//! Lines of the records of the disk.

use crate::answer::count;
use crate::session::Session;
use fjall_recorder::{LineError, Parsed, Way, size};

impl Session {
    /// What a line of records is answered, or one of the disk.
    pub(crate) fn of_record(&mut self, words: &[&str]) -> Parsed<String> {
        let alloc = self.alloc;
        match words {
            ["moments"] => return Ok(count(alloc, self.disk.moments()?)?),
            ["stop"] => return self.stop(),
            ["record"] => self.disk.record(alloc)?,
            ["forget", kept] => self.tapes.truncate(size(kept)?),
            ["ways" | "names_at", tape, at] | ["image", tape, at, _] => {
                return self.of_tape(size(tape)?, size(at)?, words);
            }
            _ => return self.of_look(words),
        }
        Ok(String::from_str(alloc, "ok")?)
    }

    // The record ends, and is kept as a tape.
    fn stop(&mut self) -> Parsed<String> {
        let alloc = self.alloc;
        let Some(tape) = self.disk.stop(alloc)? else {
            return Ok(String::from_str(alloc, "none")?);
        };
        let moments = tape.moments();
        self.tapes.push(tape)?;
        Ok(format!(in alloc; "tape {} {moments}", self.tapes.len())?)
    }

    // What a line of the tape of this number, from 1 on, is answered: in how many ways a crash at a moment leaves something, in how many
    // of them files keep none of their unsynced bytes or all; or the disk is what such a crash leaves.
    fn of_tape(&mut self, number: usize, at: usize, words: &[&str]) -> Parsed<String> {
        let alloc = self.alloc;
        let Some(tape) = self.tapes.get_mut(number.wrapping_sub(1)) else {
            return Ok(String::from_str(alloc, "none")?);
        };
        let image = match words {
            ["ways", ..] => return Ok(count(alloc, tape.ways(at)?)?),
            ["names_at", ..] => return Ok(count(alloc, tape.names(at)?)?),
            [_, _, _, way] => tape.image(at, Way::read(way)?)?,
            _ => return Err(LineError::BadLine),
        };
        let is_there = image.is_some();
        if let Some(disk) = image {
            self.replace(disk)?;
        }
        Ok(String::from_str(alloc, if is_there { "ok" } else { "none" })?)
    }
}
...
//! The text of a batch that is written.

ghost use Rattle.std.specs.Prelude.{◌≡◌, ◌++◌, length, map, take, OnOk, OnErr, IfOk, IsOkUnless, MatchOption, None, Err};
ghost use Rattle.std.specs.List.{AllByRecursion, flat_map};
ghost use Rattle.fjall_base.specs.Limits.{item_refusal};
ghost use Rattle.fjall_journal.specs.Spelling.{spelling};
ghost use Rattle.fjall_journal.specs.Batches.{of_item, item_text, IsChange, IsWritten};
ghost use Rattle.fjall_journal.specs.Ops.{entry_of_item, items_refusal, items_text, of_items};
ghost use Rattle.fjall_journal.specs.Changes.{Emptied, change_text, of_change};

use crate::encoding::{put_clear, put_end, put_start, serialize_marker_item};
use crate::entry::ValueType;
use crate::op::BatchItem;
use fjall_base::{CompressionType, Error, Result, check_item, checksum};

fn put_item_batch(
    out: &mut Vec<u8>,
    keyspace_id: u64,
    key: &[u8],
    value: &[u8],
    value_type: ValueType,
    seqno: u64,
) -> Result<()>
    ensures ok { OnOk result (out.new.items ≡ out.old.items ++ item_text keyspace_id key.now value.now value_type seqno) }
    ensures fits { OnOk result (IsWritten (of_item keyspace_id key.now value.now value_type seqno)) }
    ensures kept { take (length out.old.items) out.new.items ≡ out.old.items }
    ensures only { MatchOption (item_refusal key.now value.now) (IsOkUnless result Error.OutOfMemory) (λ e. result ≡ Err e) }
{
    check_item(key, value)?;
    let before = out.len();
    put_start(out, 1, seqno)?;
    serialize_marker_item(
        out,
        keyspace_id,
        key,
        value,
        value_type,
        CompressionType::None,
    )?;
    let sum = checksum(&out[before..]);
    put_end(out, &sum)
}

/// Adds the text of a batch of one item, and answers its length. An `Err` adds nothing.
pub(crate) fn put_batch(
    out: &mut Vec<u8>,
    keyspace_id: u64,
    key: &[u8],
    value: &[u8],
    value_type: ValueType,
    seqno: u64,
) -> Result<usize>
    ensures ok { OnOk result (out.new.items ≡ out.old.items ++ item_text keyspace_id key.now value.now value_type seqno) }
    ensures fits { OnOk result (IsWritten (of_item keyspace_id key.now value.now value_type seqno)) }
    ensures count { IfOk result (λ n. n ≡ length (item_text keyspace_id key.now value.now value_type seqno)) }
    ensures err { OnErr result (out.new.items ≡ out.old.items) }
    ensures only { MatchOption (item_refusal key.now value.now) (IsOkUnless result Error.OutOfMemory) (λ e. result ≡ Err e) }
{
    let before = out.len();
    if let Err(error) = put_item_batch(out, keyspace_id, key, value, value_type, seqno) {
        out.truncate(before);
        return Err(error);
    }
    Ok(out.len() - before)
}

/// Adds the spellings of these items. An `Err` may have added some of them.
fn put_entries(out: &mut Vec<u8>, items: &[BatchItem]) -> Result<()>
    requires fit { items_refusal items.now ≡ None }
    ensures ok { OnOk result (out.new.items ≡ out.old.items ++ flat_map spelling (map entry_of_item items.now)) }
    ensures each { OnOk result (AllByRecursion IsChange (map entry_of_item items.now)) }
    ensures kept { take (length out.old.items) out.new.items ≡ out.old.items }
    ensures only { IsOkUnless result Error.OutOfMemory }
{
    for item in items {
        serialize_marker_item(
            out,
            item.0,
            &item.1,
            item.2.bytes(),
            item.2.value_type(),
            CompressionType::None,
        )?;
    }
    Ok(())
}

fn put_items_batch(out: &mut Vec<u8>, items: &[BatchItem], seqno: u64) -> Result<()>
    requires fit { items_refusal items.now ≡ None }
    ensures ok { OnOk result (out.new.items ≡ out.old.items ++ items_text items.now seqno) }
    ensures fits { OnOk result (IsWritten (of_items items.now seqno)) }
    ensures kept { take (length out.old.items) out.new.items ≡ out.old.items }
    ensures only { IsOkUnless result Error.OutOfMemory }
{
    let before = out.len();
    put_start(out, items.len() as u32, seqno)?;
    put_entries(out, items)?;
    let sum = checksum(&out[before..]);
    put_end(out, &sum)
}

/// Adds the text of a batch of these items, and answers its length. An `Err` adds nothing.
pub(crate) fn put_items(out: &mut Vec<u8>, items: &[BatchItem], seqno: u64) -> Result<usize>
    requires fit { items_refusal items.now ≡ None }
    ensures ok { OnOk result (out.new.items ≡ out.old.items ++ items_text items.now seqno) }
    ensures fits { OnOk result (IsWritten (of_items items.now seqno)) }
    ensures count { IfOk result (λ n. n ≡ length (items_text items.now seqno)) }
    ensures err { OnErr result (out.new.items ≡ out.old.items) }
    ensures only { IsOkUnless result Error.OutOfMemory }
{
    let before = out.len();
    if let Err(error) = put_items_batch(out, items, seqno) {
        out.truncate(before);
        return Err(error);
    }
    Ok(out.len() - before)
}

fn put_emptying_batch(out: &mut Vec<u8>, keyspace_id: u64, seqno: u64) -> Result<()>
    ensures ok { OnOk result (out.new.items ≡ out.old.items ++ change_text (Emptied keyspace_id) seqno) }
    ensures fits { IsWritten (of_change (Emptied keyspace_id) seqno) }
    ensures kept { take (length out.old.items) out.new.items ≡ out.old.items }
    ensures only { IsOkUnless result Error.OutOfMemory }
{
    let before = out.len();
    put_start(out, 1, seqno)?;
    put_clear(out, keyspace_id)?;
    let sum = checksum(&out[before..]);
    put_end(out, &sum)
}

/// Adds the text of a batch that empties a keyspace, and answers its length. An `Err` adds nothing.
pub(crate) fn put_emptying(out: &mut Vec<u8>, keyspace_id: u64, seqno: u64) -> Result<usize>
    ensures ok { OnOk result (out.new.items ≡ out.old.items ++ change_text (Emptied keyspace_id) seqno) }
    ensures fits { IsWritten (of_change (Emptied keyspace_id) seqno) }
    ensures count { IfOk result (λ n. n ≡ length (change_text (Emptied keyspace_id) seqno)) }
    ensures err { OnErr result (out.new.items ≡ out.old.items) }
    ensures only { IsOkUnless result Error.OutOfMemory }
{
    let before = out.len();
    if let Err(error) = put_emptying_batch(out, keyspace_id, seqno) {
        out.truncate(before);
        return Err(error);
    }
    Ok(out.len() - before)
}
==
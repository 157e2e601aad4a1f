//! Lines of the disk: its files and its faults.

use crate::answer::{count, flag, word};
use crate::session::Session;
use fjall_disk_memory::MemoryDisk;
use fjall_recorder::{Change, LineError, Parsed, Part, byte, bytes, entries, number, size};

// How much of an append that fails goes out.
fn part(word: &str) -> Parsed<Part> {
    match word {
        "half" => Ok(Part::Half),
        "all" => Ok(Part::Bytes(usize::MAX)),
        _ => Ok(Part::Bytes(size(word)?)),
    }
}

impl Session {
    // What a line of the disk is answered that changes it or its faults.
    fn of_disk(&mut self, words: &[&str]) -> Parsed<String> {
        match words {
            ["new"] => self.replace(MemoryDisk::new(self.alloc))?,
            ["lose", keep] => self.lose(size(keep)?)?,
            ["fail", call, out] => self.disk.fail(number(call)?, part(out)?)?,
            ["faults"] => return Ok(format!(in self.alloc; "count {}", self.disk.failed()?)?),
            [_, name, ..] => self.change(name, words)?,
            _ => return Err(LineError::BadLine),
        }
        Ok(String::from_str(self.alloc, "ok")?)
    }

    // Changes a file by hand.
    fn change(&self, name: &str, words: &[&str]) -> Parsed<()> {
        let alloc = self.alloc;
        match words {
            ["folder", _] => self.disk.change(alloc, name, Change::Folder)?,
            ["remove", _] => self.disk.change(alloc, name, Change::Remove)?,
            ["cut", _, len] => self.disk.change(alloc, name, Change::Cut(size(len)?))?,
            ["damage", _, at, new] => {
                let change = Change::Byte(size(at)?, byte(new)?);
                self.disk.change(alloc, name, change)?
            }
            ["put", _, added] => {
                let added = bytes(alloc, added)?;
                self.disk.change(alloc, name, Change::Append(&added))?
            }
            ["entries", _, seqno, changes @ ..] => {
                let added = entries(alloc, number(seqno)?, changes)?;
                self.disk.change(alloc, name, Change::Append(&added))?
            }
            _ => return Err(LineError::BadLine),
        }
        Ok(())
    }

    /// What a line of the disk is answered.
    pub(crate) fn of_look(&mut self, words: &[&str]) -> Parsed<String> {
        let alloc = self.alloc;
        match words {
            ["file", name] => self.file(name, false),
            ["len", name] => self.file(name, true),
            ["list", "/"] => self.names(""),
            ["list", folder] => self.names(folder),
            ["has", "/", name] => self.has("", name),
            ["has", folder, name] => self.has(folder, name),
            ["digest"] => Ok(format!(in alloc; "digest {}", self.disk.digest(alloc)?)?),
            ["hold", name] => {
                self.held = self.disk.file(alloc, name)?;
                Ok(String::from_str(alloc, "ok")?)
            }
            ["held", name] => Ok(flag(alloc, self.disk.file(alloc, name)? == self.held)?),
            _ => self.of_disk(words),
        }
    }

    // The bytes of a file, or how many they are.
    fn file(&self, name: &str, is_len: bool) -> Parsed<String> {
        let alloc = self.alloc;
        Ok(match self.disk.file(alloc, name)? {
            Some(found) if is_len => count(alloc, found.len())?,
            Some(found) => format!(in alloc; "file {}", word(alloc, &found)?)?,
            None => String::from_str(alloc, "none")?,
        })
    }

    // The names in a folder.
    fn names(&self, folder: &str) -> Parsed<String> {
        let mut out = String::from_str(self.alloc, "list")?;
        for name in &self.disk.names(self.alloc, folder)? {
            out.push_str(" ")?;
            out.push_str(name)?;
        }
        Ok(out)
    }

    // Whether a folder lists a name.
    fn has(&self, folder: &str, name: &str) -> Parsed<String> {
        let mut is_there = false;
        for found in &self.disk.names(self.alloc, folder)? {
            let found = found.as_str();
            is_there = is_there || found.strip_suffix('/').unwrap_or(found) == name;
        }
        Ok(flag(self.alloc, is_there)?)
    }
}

§ The problem
Of the entries listed above, reproduce only the lines starting at the line containing "out.old.items ++ flat_map" and ending at the line containing "OnOk result (AllByRecursion". Include both, exactly as they stand.

§ Exercise response
    ensures ok { OnOk result (out.new.items ≡ out.old.items ++ flat_map spelling (map entry_of_item items.now)) }
    ensures each { OnOk result (AllByRecursion IsChange (map entry_of_item items.now)) }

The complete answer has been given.